What is being asked:
Your task is to output the entries below word for word.

# # # # # # #

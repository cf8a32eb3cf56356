//! What clients are answered.

use crate::{Cell, Code, List, Text};

/// The answer to an ask.
#[derive(Debug, Drop, PartialEq, Eq)]
pub struct Reply {
    pub code: Code,
    /// The names of the columns of a query.
    pub columns: List<Text>,
    /// How many rows a query gives, or a statement changed; else 0.
    pub count: u64,
    /// The rows of a query, each with one cell a column.
    pub rows: List<List<Cell>>,
}

/// What is said to a client that asked.
#[derive(Debug, Drop, PartialEq, Eq)]
pub enum Said {
    /// The statement was done, or refused by its code.
    Replied(Reply),
    /// The disk failed. Nothing changed, as far as the client sees.
    Disk,
    /// The journal has no room for the statement's frame: it would need `needed` bytes of `limit`.
    Full { needed: u64, limit: u64 },
    /// There was no memory. Nothing changed.
    Memory,
}
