// What a call of the box tells its client, and the frames that it hands out.
#![tactic(auto)]

ghost use Rattle.std.specs.Prelude.{◌≡◌};
ghost use Rattle.box_telling.specs.Told.{is_nothing, no_notices, added, no_frames, handed};

use frame::Grant;

#[derive(Clone, Copy)]
pub enum Notice {
    Nothing,
    Window,
    Registered,
    Refused,
    Retry,
    Deregistered,
    Granted(Grant),
    Open,
    Close,
}

// In order, and nothing behind the last.
#[derive(Clone, Copy)]
pub struct Notices {
    pub first: Notice,
    pub second: Notice,
    pub third: Notice,
    pub fourth: Notice,
}

// In order; octets that no frame takes are zero.
#[derive(Clone, Copy)]
pub struct Frames {
    pub number: usize,
    pub first: [u8; 60],
    pub second: [u8; 60],
}

impl Notice {
    pub fn is_nothing(self) -> bool
        ensures { result ≡ is_nothing self }
    {
        matches!(self, Notice::Nothing)
    }
}

impl Notices {
    pub fn none() -> Notices
        ensures { result ≡ no_notices }
    {
        Notices {
            first: Notice::Nothing,
            second: Notice::Nothing,
            third: Notice::Nothing,
            fourth: Notice::Nothing,
        }
    }

    // One notice more, behind those that stand; a fifth is not told.
    #[tactic(auto, unfolding(crate::specs::Told::added))]
    pub fn and(self, notice: Notice) -> Notices
        ensures { result ≡ added self notice }
    {
        if self.first.is_nothing() {
            return Notices {
                first: notice,
                ..self
            };
        }
        if self.second.is_nothing() {
            return Notices {
                second: notice,
                ..self
            };
        }
        if self.third.is_nothing() {
            return Notices {
                third: notice,
                ..self
            };
        }
        if self.fourth.is_nothing() {
            return Notices {
                fourth: notice,
                ..self
            };
        }
        self
    }
}

impl Frames {
    pub fn none() -> Frames
        ensures { result ≡ no_frames }
    {
        Frames {
            number: 0,
            first: [0; 60],
            second: [0; 60],
        }
    }

    // One frame more; a third is not handed out.
    #[tactic(auto, unfolding(crate::specs::Told::handed))]
    pub fn and(self, octets: [u8; 60]) -> Frames
        ensures { result ≡ handed self octets }
    {
        match self.number {
            0 => Frames {
                number: 1,
                first: octets,
                ..self
            },
            1 => Frames {
                number: 2,
                second: octets,
                ..self
            },
            _ => self,
        }
    }
}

# # # # # # #

Answer box:
repository cf8a32eb3cf56356
//! What clients are answered.

use crate::{Cell, Code, List, Text};

/// The answer to an ask.
#[derive(Debug, Drop, PartialEq, Eq)]
pub struct Reply {
    pub code: Code,
    /// The names of the columns of a query.
    pub columns: List<Text>,
    /// How many rows a query gives, or a statement changed; else 0.
    pub count: u64,
    /// The rows of a query, each with one cell a column.
    pub rows: List<List<Cell>>,
}

/// What is said to a client that asked.
#[derive(Debug, Drop, PartialEq, Eq)]
pub enum Said {
    /// The statement was done, or refused by its code.
    Replied(Reply),
    /// The disk failed. Nothing changed, as far as the client sees.
    Disk,
    /// The journal has no room for the statement's frame: it would need `needed` bytes of `limit`.
    Full { needed: u64, limit: u64 },
    /// There was no memory. Nothing changed.
    Memory,
}
// What a call of the box tells its client, and the frames that it hands out.
#![tactic(auto)]

ghost use Rattle.std.specs.Prelude.{◌≡◌};
ghost use Rattle.box_telling.specs.Told.{is_nothing, no_notices, added, no_frames, handed};

use frame::Grant;

#[derive(Clone, Copy)]
pub enum Notice {
    Nothing,
    Window,
    Registered,
    Refused,
    Retry,
    Deregistered,
    Granted(Grant),
    Open,
    Close,
}

// In order, and nothing behind the last.
#[derive(Clone, Copy)]
pub struct Notices {
    pub first: Notice,
    pub second: Notice,
    pub third: Notice,
    pub fourth: Notice,
}

// In order; octets that no frame takes are zero.
#[derive(Clone, Copy)]
pub struct Frames {
    pub number: usize,
    pub first: [u8; 60],
    pub second: [u8; 60],
}

impl Notice {
    pub fn is_nothing(self) -> bool
        ensures { result ≡ is_nothing self }
    {
        matches!(self, Notice::Nothing)
    }
}

impl Notices {
    pub fn none() -> Notices
        ensures { result ≡ no_notices }
    {
        Notices {
            first: Notice::Nothing,
            second: Notice::Nothing,
            third: Notice::Nothing,
            fourth: Notice::Nothing,
        }
    }

    // One notice more, behind those that stand; a fifth is not told.
    #[tactic(auto, unfolding(crate::specs::Told::added))]
    pub fn and(self, notice: Notice) -> Notices
        ensures { result ≡ added self notice }
    {
        if self.first.is_nothing() {
            return Notices {
                first: notice,
                ..self
            };
        }
        if self.second.is_nothing() {
            return Notices {
                second: notice,
                ..self
            };
        }
        if self.third.is_nothing() {
            return Notices {
                third: notice,
                ..self
            };
        }
        if self.fourth.is_nothing() {
            return Notices {
                fourth: notice,
                ..self
            };
        }
        self
    }
}

impl Frames {
    pub fn none() -> Frames
        ensures { result ≡ no_frames }
    {
        Frames {
            number: 0,
            first: [0; 60],
            second: [0; 60],
        }
    }

    // One frame more; a third is not handed out.
    #[tactic(auto, unfolding(crate::specs::Told::handed))]
    pub fn and(self, octets: [u8; 60]) -> Frames
        ensures { result ≡ handed self octets }
    {
        match self.number {
            0 => Frames {
                number: 1,
                first: octets,
                ..self
            },
            1 => Frames {
                number: 2,
                second: octets,
                ..self
            },
            _ => self,
        }
    }
}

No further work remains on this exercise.